The task: The word "stands" marks the lines you need; copy each of them from the data.

Data extracts:
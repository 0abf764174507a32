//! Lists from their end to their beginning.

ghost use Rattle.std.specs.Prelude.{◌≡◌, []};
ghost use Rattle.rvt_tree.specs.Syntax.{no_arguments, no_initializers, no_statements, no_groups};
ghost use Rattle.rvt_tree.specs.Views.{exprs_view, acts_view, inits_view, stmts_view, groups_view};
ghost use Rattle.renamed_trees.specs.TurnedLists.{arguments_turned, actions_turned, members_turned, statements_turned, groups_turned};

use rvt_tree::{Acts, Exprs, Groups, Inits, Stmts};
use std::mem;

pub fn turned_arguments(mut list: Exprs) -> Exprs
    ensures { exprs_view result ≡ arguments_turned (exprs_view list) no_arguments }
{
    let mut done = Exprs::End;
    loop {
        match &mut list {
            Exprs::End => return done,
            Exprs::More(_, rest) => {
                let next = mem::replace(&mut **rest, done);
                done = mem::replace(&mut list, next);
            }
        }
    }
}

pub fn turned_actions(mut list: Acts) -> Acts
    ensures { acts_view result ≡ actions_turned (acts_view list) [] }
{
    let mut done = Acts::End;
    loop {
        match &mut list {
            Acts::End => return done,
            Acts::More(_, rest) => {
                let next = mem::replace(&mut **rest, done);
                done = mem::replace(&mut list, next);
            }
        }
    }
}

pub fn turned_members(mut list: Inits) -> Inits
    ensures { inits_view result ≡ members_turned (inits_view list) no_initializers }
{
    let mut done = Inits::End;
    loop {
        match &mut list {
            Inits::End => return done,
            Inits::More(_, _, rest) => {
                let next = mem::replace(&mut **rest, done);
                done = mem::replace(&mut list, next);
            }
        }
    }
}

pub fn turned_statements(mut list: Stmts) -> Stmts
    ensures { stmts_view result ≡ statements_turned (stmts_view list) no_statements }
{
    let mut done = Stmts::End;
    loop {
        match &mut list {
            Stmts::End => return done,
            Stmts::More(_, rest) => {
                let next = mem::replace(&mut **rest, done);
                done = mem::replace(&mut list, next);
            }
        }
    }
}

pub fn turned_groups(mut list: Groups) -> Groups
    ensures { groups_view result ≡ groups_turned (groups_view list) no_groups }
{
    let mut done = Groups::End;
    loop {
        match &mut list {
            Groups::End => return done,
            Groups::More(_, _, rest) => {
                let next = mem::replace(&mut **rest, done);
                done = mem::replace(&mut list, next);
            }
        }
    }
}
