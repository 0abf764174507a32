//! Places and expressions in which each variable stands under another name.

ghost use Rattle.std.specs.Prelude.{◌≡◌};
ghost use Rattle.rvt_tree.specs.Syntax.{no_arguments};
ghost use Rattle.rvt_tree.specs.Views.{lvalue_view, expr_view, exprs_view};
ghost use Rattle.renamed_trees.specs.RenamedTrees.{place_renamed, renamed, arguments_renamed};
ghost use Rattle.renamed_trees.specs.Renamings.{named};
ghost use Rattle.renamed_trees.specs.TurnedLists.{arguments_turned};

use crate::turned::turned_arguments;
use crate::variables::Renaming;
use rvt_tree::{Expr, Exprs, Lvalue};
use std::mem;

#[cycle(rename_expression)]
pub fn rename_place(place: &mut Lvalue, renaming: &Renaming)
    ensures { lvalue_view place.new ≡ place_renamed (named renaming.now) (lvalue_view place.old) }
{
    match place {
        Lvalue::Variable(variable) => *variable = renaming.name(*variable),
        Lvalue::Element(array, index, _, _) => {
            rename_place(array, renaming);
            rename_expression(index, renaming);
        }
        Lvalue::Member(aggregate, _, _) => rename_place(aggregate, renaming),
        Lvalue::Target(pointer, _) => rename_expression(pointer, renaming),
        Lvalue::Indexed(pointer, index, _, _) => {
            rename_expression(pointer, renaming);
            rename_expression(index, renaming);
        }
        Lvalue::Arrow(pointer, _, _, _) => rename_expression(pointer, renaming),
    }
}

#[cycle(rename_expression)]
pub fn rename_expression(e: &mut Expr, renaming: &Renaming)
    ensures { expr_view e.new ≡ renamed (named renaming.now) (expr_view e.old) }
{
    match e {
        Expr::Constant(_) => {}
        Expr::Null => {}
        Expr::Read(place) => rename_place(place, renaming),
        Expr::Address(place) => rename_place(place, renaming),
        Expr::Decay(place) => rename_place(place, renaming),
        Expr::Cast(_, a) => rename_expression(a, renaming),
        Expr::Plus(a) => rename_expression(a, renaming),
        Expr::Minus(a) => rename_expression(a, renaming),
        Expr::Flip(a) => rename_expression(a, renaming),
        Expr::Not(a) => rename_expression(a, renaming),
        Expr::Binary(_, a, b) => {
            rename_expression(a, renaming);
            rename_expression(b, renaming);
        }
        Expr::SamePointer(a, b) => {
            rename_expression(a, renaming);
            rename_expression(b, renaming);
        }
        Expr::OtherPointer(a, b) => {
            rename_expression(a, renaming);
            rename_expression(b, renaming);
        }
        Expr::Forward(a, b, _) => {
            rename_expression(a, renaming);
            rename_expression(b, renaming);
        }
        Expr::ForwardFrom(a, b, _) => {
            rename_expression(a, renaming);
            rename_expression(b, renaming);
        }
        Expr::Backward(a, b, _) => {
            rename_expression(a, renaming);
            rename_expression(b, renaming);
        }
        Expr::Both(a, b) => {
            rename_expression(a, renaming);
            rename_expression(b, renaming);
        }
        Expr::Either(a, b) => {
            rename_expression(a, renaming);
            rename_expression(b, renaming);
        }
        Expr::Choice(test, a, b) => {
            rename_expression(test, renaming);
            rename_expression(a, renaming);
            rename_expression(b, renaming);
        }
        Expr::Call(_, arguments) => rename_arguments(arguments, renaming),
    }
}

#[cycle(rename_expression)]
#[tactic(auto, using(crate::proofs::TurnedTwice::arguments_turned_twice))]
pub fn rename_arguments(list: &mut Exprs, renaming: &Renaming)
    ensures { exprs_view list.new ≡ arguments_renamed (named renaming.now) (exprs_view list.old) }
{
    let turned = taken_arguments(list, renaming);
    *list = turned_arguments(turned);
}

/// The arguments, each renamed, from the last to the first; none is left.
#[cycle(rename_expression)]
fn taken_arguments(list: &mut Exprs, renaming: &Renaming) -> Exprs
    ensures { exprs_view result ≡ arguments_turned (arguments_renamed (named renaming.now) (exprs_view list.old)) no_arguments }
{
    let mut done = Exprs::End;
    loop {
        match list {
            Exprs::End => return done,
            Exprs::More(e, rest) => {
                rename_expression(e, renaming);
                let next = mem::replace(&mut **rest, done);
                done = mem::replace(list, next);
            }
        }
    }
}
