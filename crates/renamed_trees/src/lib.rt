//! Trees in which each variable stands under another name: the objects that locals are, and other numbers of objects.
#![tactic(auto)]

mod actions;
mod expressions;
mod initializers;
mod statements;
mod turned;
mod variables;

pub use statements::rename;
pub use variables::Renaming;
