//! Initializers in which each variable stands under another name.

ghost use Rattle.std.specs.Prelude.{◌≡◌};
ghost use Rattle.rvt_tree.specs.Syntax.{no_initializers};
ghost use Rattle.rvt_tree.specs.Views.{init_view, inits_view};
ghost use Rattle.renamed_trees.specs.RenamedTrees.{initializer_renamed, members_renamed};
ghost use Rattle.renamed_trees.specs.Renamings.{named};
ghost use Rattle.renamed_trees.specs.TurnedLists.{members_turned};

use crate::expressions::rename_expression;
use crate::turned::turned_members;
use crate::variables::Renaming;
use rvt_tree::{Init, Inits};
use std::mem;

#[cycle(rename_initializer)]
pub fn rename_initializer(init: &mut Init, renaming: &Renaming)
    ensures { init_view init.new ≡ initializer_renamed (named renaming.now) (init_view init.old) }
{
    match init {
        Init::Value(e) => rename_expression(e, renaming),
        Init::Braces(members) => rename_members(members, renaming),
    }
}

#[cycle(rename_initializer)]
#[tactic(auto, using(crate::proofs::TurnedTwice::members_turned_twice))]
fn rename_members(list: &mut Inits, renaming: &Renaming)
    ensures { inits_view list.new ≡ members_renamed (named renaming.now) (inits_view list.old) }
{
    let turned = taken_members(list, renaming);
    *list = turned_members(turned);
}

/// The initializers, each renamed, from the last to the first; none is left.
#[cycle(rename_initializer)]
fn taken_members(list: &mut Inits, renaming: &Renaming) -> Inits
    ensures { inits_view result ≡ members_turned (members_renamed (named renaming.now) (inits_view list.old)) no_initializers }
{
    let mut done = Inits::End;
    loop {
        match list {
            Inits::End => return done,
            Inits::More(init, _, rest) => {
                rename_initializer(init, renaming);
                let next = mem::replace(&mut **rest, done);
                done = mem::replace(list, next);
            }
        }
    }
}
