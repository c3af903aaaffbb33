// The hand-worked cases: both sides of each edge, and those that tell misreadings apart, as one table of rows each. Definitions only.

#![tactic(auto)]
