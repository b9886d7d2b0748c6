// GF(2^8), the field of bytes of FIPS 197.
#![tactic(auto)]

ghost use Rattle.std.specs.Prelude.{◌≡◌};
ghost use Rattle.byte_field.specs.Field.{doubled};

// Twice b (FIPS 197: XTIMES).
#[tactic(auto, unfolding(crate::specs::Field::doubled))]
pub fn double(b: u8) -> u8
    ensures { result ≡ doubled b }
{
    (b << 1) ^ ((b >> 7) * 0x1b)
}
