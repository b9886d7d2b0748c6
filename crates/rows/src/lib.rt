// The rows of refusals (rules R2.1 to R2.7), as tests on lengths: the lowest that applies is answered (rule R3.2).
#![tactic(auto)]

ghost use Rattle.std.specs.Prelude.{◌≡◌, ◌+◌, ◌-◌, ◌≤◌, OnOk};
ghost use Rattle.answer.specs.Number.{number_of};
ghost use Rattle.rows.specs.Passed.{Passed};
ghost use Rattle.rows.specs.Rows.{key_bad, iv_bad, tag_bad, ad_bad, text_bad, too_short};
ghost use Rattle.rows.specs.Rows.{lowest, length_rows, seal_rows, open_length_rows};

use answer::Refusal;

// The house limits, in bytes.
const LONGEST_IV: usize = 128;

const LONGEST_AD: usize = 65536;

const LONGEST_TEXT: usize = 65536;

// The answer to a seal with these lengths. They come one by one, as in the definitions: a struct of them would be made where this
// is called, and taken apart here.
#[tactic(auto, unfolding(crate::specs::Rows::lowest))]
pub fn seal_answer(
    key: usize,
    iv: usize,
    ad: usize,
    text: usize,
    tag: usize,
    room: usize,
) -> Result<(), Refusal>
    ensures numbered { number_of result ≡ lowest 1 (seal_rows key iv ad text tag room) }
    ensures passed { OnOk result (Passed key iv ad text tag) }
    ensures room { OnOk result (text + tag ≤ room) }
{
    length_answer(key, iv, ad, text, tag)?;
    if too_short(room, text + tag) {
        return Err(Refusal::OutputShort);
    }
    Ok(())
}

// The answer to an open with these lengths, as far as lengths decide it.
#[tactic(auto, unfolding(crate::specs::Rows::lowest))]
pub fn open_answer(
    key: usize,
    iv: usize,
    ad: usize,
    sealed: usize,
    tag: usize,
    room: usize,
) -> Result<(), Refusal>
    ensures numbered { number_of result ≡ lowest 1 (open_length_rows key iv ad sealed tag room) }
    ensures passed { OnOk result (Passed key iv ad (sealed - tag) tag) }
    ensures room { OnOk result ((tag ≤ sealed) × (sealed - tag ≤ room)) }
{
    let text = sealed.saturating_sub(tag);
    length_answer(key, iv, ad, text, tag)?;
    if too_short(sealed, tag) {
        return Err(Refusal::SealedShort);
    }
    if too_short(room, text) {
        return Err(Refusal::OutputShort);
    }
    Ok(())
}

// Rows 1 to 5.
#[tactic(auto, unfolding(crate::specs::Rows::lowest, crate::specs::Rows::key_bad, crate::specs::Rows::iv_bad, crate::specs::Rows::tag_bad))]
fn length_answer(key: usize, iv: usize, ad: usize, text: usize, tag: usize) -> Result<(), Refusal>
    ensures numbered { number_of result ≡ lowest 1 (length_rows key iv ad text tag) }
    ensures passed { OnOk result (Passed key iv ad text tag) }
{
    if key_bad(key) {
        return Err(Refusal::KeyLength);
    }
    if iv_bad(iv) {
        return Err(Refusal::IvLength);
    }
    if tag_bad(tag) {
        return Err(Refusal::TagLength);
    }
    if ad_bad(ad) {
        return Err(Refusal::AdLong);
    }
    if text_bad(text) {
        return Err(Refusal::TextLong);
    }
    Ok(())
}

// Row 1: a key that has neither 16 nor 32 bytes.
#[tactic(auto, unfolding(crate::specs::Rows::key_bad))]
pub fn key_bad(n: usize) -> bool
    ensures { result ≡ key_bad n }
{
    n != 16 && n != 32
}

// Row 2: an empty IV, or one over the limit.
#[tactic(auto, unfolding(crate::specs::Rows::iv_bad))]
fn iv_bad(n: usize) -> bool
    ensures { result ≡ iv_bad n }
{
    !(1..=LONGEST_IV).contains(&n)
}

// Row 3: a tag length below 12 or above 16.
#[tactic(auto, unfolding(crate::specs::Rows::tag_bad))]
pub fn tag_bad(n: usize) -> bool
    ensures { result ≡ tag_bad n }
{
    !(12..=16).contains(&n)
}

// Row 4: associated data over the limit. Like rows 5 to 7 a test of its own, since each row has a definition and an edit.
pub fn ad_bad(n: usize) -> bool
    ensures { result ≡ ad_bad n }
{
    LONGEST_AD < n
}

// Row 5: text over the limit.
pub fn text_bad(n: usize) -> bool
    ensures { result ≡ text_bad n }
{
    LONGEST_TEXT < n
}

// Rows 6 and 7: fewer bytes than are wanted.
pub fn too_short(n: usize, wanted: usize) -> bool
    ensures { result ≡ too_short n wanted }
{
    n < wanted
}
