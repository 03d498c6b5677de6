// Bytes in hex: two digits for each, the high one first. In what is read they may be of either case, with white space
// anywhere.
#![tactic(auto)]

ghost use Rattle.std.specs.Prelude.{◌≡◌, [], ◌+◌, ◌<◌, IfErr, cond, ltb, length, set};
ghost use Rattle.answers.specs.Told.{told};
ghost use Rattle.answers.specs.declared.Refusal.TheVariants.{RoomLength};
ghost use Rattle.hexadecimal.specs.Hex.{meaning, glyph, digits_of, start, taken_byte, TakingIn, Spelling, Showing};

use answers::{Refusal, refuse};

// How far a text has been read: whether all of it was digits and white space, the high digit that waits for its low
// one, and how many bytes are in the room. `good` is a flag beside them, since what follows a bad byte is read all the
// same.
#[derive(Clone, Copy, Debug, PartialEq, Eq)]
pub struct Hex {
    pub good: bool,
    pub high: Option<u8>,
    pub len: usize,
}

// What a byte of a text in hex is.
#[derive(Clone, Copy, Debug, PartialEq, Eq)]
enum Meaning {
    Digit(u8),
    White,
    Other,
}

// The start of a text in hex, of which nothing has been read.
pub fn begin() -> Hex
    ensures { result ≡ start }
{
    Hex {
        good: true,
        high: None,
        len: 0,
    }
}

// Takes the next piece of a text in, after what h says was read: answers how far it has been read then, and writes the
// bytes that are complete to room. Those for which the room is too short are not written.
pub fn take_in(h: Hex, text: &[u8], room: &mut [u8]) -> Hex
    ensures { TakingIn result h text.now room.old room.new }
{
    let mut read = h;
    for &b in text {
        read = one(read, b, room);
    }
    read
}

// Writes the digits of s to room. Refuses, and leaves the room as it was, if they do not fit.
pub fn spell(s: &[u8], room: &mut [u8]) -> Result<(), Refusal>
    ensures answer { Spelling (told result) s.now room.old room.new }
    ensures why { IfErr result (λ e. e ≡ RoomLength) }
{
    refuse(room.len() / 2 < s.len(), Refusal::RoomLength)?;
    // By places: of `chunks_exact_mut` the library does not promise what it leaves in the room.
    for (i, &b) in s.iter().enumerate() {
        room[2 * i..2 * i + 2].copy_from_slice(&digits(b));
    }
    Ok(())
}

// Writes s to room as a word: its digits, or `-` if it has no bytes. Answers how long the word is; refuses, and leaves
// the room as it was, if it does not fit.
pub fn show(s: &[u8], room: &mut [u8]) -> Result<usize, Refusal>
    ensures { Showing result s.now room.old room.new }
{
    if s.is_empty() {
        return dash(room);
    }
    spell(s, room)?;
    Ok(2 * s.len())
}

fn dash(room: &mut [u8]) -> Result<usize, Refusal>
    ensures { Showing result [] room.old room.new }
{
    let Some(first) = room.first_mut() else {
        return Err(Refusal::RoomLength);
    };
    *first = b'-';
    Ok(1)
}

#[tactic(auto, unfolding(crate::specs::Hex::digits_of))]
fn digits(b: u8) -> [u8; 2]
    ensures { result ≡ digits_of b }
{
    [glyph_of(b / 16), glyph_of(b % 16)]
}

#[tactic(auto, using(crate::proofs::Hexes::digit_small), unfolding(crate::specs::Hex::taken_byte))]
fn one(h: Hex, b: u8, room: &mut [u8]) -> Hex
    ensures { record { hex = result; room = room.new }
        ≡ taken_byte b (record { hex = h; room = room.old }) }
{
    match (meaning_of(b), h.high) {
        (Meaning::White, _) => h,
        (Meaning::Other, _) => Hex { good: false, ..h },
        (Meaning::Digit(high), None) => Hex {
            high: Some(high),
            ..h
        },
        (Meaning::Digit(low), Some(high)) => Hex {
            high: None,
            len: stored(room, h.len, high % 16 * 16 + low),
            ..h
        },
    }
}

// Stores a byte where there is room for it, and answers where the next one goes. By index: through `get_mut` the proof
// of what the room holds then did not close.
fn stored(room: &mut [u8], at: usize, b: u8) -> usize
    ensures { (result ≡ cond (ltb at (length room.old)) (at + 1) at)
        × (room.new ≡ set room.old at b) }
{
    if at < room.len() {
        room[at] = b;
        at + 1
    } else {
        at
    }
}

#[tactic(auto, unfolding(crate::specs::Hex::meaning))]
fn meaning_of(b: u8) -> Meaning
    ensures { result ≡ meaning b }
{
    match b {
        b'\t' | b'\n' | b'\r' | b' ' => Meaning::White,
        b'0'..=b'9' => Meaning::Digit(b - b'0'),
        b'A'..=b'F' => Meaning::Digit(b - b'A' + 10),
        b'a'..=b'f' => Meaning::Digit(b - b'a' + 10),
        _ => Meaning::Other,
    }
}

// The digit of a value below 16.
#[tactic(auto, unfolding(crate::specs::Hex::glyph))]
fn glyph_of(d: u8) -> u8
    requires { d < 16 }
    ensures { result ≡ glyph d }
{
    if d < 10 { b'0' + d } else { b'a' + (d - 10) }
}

Task solution:
//! Places and expressions in which each variable stands under another name.
//! Trees in which each variable stands under another name: the objects that locals are, and other numbers of objects.
//! Initializers in which each variable stands under another name.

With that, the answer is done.